Она помотала головой, потрясла бутылку, проверяя, хорошо ли ее запечатала.
– Да, все очень страшно.
Где она успела упасть? Левое голое колено перепачкано чем-то светло-коричневым, мокрым, босоножки облеплены травой и глиной. Одна рука Ли уперлась в бедро, а другая воинственно все взлетает и взлетает в воздух, пальцы судорожно сцепились на горлышке бутылки. Вся она выгнулась, и появился, выступил под платьем неприятный, твердый, горячий живот. Живот у Ли появлялся только в минуты крайней агрессии и пьяного безумия. Острые коленки матери чуть дрожали.
– Тише... – попросил он и приложил палец к ее губам. – Ш-ш!
Тени скользили по голубому твердому стеклу воды. Размеренный лязг товарняка не прекращался, он шел накатами из-за листвы. Неожиданно тени уплотнились под ногами, почернели, и мир обрел жутковатую южную контрастность. Это произошло так быстро, что вызвало тошнотворный холодок в желудке. Холодок пробежал по телу, Ник поднял голову и понял, что облака разметало. Во всю силу горело солнце.
– Где-то здесь должна быть святая пещера, – сказал он. – Мы с ребятами лазили. Очень древнее место, кто-то из учеников Христа в ней прятался. – Ник показал направление.
– Забыла... – плаксиво сказала Ли, и твердый живот ее выступил под платьем еще сильнее. – Забыла, так хотела и забыла... Такое место, а я – дура пьяная.
— Никто не мешает тебе протрезветь!
Дуплетом хлопнули два негромких выстрела. Звук товарняка утихал, его почти не стало. Солнце отражалось под ногами в воде.
– Пошли посмотрим? – неуверенно сказала Ли.
– Ма, убери живот!
Он протянул руку и легонечко надавил на раздражающее его место.
– Так точно! – Ли подбросила ладошку к виску. – Есть убрать живот!
Только раз удалось ему заметить мелькнувшую среди грубой зелени белую рубашку. Взбираясь по скале, поддерживая Ли, подстраховывая ее на всех опасных поворотах, Ник думал, что их здесь, вероятно, много, этих мальчиков-воинов. Он пытался сопоставить ночь, проведенную в тюрьме без крыши, и теперешний день, когда было страшнее – и это не получалось, слишком по-разному было, хотя и в том, и в другом случае интересно.

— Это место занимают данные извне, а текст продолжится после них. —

//! E7: a group without editors ends, and another one is founded in its place.
ghost use Rattle.std.specs.Prelude.{◌≡◌, ◌≢◌, ◌<◌, ◌≤◌, ℕ, List, Some, map, length, IfOk, OnOk, slice_get};
ghost use Rattle.event_model.specs.declared.stage.Stage.TheVariants.{Ready};
ghost use Rattle.event_model.specs.Does.{Does};
ghost use Rattle.event_model.specs.Event.{Event, behind};
ghost use Rattle.event_model.specs.Requests.{next_number};
ghost use Rattle.event_model.specs.Row.{each, look};
ghost use Rattle.event_model.specs.Settings.{Settings};
ghost use Rattle.event_model.specs.Stages.{life_of};
ghost use Rattle.group_facts.specs.Facts.{Numbered};
ghost use Rattle.group_facts.specs.Why.{is_starting};
ghost use Rattle.group_facts.specs.group_rows.specs.Forwarded.{forwarding_of};
ghost use Rattle.group_words.specs.declared.placed.Placed.TheVariants.{Evicts};
ghost use Rattle.group_words.specs.Rows.{end_group, end_start, placed_row};
ghost use Rattle.mux_tables.specs.id_rewrite.specs.Tables.{IsInOrder};
ghost use Rattle.mux_tables.specs.declared.tables.Start.{Start};
ghost use Rattle.mux_tables.specs.Documents.{AllStand, Owed, nothing_owed};
ghost use Rattle.mux_tables.specs.Stands.{number_in};
ghost use Rattle.mux_turns.specs.Founding.{IsNext};

use crate::placing::found;
use event_model::Stage;
use message_body::Memory;
use mux_history::Outs;
use mux_tables::Tables;
use rpc_message::request;
use std::alloc::Global;

/// Where the group's last start stands, as it is kept.
pub fn stage_at(tables: &Tables, g: usize) -> Stage
    requires { g < length tables.now.lasts.items }
    ensures { (x : Start) → slice_get tables.now.lasts.items g ≡ Some x → result ≡ x.life.stage }
{
    tables.lasts[g].life.stage()
}

// The number of the next request to the group's last start, which is ready; the last number is kept for `shutdown`.
fn number_at(tables: &Tables, g: usize) -> u32
    requires { g < length tables.now.lasts.items }
    ensures { (x : Start) → slice_get tables.now.lasts.items g ≡ Some x → x.life.stage ≡ Ready → IsInOrder x.ids → x.ids.limit ≡ tables.now.requests
        → result ≡ x.ids.next }
{
    if tables.can_ask(g) {
        tables.next_number(g)
    } else {
        tables.requests
    }
}

// Whether its program is awaited, or gave no result yet.
fn is_starting(stage: Stage) -> bool
    ensures { result ≡ is_starting stage }
{
    matches!(stage, Stage::Spawning | Stage::Initializing)
}

// The group's last start, which is ready, is sent `shutdown` under its next number (LSP 3.17, Shutdown Request).
fn shut_down(tables: &mut Tables, alloc: Global, outs: &mut Outs, g: usize) -> Result<(), Memory>
    requires group { g < length tables.old.lasts.items }
    requires ready { (x : Start) → slice_get tables.old.lasts.items g ≡ Some x → x.life.stage ≡ Ready }
    ensures requests { tables.new.requests ≡ tables.old.requests }
    ensures versions { tables.new.versions ≡ tables.old.versions }
    ensures does { (settings : Settings) (owed : Owed) (base : List Event) (s : ℕ) → slice_get (map number_in tables.old.lasts.items) g ≡ Some s
        → next_number s (behind base outs.old) ≡ (forwarding_of settings s (behind base outs.old)).next
        → OnOk result (Does (λ k events. AllStand settings k events)
        (end_start s Ready) base (tables.old, owed) outs.old (tables.new, owed) outs.new) }
{
    let n = number_at(tables, g);
    let text = request(alloc, n as u128, "shutdown", None)?;
    tables.shut(outs, g, n, text)?;
    Ok(())
}

// The group's last start ends, by where it stands.
fn end_start(tables: &mut Tables, alloc: Global, outs: &mut Outs, g: usize) -> Result<(), Memory>
    requires { g < length tables.old.lasts.items }
    ensures requests { tables.new.requests ≡ tables.old.requests }
    ensures versions { tables.new.versions ≡ tables.old.versions }
    ensures does { (settings : Settings) (owed : Owed) (base : List Event) (s : ℕ) → slice_get (map number_in tables.old.lasts.items) g ≡ Some s
        → Numbered settings (behind base outs.old)
        → OnOk result (Does (λ k events. AllStand settings k events)
        (look (λ events. end_start s (life_of s events).stage)) base (tables.old, owed) outs.old (tables.new, owed) outs.new) }
{
    let stage = stage_at(tables, g);
    if stage.is_ready() {
        shut_down(tables, alloc, outs, g)?;
        return Ok(());
    }
    if is_starting(stage) {
        tables.end(outs, g)?;
    }
    Ok(())
}

/// E7: this group ends, for another one: its last start is sent `shutdown` where it is ready, and its program is to be ended where it
/// gave no result yet.
pub fn evict(tables: &mut Tables, alloc: Global, outs: &mut Outs, g: u64) -> Result<(), Memory>
    ensures requests { tables.new.requests ≡ tables.old.requests }
    ensures versions { tables.new.versions ≡ tables.old.versions }
    ensures does { (settings : Settings) (owed : Owed) (base : List Event) → Numbered settings (behind base outs.old)
        → OnOk result (Does (λ k events. AllStand settings k events)
        (end_group g) base (tables.old, owed) outs.old (tables.new, owed) outs.new) }
{
    match tables.place_of(g) {
        None => Ok(()),
        Some(place) => {
            end_start(tables, alloc, outs, place)?;
            Ok(())
        }
    }
}

/// E6 and X7: these groups end, one after the other.
pub fn end_groups(
    tables: &mut Tables,
    alloc: Global,
    outs: &mut Outs,
    groups: &[u64],
) -> Result<(), Memory>
    ensures requests { tables.new.requests ≡ tables.old.requests }
    ensures versions { tables.new.versions ≡ tables.old.versions }
    ensures does { (settings : Settings) (owed : Owed) (base : List Event) → Numbered settings (behind base outs.old)
        → OnOk result (Does (λ k events. AllStand settings k events)
        (each end_group groups.now) base (tables.old, owed) outs.old (tables.new, owed) outs.new) }
{
    for g in groups {
        evict(tables, alloc, outs, *g)?;
    }
    Ok(())
}

/// E7: this group ends, and a start is spawned for the new group, which has the next number.
pub fn replace(
    tables: &mut Tables,
    alloc: Global,
    outs: &mut Outs,
    g: u64,
    new: u64,
) -> Result<(), Memory>
    requires limit { 2 ≤ tables.old.requests }
    requires versions { 1 ≤ tables.old.versions }
    ensures requests { tables.new.requests ≡ tables.old.requests }
    ensures versions { tables.new.versions ≡ tables.old.versions }
    ensures does { (settings : Settings) (before base : List Event) (e : ℕ) (body : List ℕ) → IsNext new (behind base outs.old)
        → Numbered settings (behind base outs.old)
        → OnOk result (Does (λ k events. AllStand settings k events)
        (placed_row e body before (Evicts g new)) base (tables.old, nothing_owed) outs.old (tables.new, nothing_owed) outs.new) }
{
    evict(tables, alloc, outs, g)?;
    found(tables, alloc, outs, new)?;
    Ok(())
}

« Почему я подумал, что там готовили подростков? Там готовили не подростков... Там готовили людей, которые будут убивать подростков, – думал он, острожно переставляя ноги на зыбком каменном карнизе и одновременно сдавливая в своей ладони ладошку Ли. – Там был муляж в школьном костюмчике... Они его кололи... Я сам его колол! Они готовились к войне с детьми? И по всему похоже, скульпторы эту войну уже продули. Поубивали дети скульпторов втихую из негромких винтовок » .
– Я понял! – сказал он.
Ли стояла на одной ноге, примеряясь, как получше поставить на осыпи другую.
– Я понял, почему меня схватили в доме ночью.
Наконец, она поставила ногу и укрепилась.
– Почему?
Они вышли уже к пещере, до нее оставалось каких-то пять-семь метров.
– Здесь ходил Христос?
– Мне кажется, нет... Только его ученик. Но ученик точно ходил. Вот по этим самым горкам лазил в своих сандалиях. А харчевался и ночевал он вон там, – Ник показал на большую полукруглую дыру в скале. – Пойдем, посмотрим. Там здорово внутри. И денег за вход, пока война, не берут.